Commanders and leaders
- Magnus Gabriel De la Gardie Fredrik Löwe [sv] Reinhold Glassenap: Ivan Khovansky Timophei Shcherbatov [ru] Bogdan Ivanovich Nashchokin

Units involved
- 52 cavalry companies 20 dragoon companies 4 Infantry companies: Gdov garrison

Strength
- 2,870–3,000 men 10 guns: At Gdov 1,500 cavalry 300–500 streltsy During the retreat 6,000 men

Casualties and losses
- See losses: See losses

= Augdov expedition =

Failed Swedish expedition to Gdov

The Augdov expedition (Swedish: Augdov-expeditionen) was a failed Swedish offensive directed at the city of Augdov (Gdov) in 1657 during the Russo-Swedish War (1656–1658).

== Background ==
Charles X Gustav, in an attempt to end the-then ongoing war with Russia, started plans for what would be the only major offensive by Sweden during the war. The plans would emerge in mid-June when the king informed Magnus Gabriel De la Gardie about an upcoming war with Denmark, with the planned offensive being to make the enemy "more reasonable".
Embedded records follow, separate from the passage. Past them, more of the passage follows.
//! The forms of expressions without an operator.

ghost use Rattle.std.specs.Prelude.{◌≡◌, IsTrue, length, pos};
ghost use Rattle.std.specs.Option.{IfSome};
ghost use Rattle.dp_forms.specs.Values.{HasEvaluated, OfNumber, OfLength, OfScalar, OfElement, OfWord};

use super::home::{is_array, is_register};
use super::memory::cell;
use super::values::Value;
use dp_native::{element, length_of};
use dp_tree::{Expr, Program};
use std::marker::PhantomData;

/// A number of the text.
pub struct Number<const V: i64> {}

impl<const N: usize, const V: i64> Value<N> for Number<V> {
    ghost is_of = { OfNumber V };

    fn is(_program: &Program, _homes: &[u32], _size: u32, expression: &Expr) -> bool {
        match expression {
            Expr::Number(value) => *value == V,
            _ => false,
        }
    }

    #[inline(always)]
    fn value<W>(_input: &[i64], _memory: &[i64], _registers: &[i64; N]) -> Option<i64> {
        Some(V)
    }
}

/// How many words the input has.
pub struct InputLen {}

impl<const N: usize> Value<N> for InputLen {
    ghost is_of = { OfLength };

    fn is(_program: &Program, _homes: &[u32], _size: u32, expression: &Expr) -> bool {
        match expression {
            Expr::InputLen => true,
            _ => false,
        }
    }

    #[inline(always)]
    fn value<W>(input: &[i64], _memory: &[i64], _registers: &[i64; N]) -> Option<i64> {
        Some(length_of(input))
    }
}

/// A scalar that is held in register K.
pub struct Scalar<const K: usize> {}

impl<const N: usize, const K: usize> Value<N> for Scalar<K> {
    ghost is_of = { OfScalar K };

    fn is(program: &Program, homes: &[u32], size: u32, expression: &Expr) -> bool {
        match expression {
            Expr::Scalar(variable) => is_register(program, homes, size, K, *variable),
            _ => false,
        }
    }

    #[inline(always)]
    fn value<W>(_input: &[i64], _memory: &[i64], registers: &[i64; N]) -> Option<i64> {
        if K < N { Some(registers[K]) } else { None }
    }
}

/// A word of the input.
pub struct Word<I> {
    of: PhantomData<I>,
}

impl<const N: usize, I: Value<N>> Value<N> for Word<I> {
    ghost is_of = { OfWord I.is_of };

    fn is(program: &Program, homes: &[u32], size: u32, expression: &Expr) -> bool {
        match expression {
            Expr::Input(index) => I::is(program, homes, size, index.get()),
            _ => false,
        }
    }

    #[inline(always)]
    fn value<W>(input: &[i64], memory: &[i64], registers: &[i64; N]) -> Option<i64> {
        let index = I::value::<W>(input, memory, registers)?;
        element(input, index)
    }
}

/// An element of the array that has C cells from cell F on.
pub struct Element<const F: u32, const C: u32, I> {
    of: PhantomData<I>,
}

impl<const N: usize, const F: u32, const C: u32, I: Value<N>> Value<N> for Element<F, C, I> {
    ghost is_of = { OfElement F C I.is_of };

    fn is(program: &Program, homes: &[u32], size: u32, expression: &Expr) -> bool {
        match expression {
            Expr::Element(variable, index) => {
                is_array(program, homes, size, F, C, *variable)
                    && I::is(program, homes, size, index.get())
            }
            _ => false,
        }
    }

    #[inline(always)]
    fn value<W>(input: &[i64], memory: &[i64], registers: &[i64; N]) -> Option<i64> {
        let index = I::value::<W>(input, memory, registers)?;
        cell(memory, F, C, index)
    }
}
During the same time, Gustav Evertsson Horn was ordered to assist the expedition with troops from Finland, and orders were repeatedly sent to De la Gardie in July and August to carry it out. In August, De la Gardie prepared for the expedition, and by 4 September, when the king's orders from late July and early August had arrived, he was in Narva with his forces, two cavalry regiments and one squadron of dragoons. The troops from Finland, six cavalry and four dragoon companies, had also arrived there. De la Gardie relied on more support from Horn, but he had moved north to meet a Russian attack.

Therefore, De la Gardie commanded his main force, under General Lieutenant Löwe to Wask-Narva, which had been chosen as the crossing point for the Swedes. In eastern Livonia, only Estonian militias and a dragoon squadroon had been left to monitor the Russian activities in Dorpat. Colonel Toll was also commanded to go to Wolmar with his cavalry.
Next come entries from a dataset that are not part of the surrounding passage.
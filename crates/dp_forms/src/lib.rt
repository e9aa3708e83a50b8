//! The forms of native code. A program is a type that is composed of them, and its code is what the compiler makes of that type.
//! Each form is proved once, whatever it is composed of.
#![tactic(auto)]

mod arithmetic;
mod choices;
mod codes;
mod composed;
mod home;
mod loops;
mod memory;
mod operands;
mod operators;
mod sequence;
mod state;
mod statements;
#[cfg(test)]
mod tests;
mod values;

pub use arithmetic::{Binary, Operator, Prefix, Unary};
pub use choices::{And, If, Or};
pub use codes::Code;
pub use composed::Composed;
pub use loops::{Outermost, While};
pub use operands::{Element, InputLen, Number, Scalar, Word};
pub use operators::{Add, Div, Eq, Ge, Gt, Le, Lt, Mul, Ne, Neg, Not, Rem, Sub};
pub use sequence::{Nothing, Other, Then};
pub use state::State;
pub use statements::{Put, Say, Set};
pub use values::Value;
In total, the forces De la Gardie had at his disposal accounted to 2,870–2,970 or 3,000 men, consisting of some 52 cavalry companies, which had 1,670–1,770 men, 20 dragoon companies, which had some 950 men, and four infantry companies with 250 men. He also had field artillery, with some 8 three-pounders and 2 six-pounders.

== Expedition ==
On 10 September, the Swedes crossed the River Narva, establishing a camp at Politjna, a few miles south of Wask-Narva. The following day, they would reach Gdov without meeting much resistance, which was defended by some 1,500 cavalry and 300–500 streltsy according to Swedish estimates. The Swedes burned the suburbs of the city, along with villages encountered along their march. Negotiations with the Russians turned fruitless over the next few days, and the commander, Bogdan Ivanovich Nashchokin refused to surrender. Moreover, as reinforcements arrived under Ivan Khovansky, De la Gardie, after a meeting with his council of war, and having not intended for a siege, decided to order a retreat back to the camp at Politjna. Soon, however, it was decided to retreat all the way to Wask-Narva.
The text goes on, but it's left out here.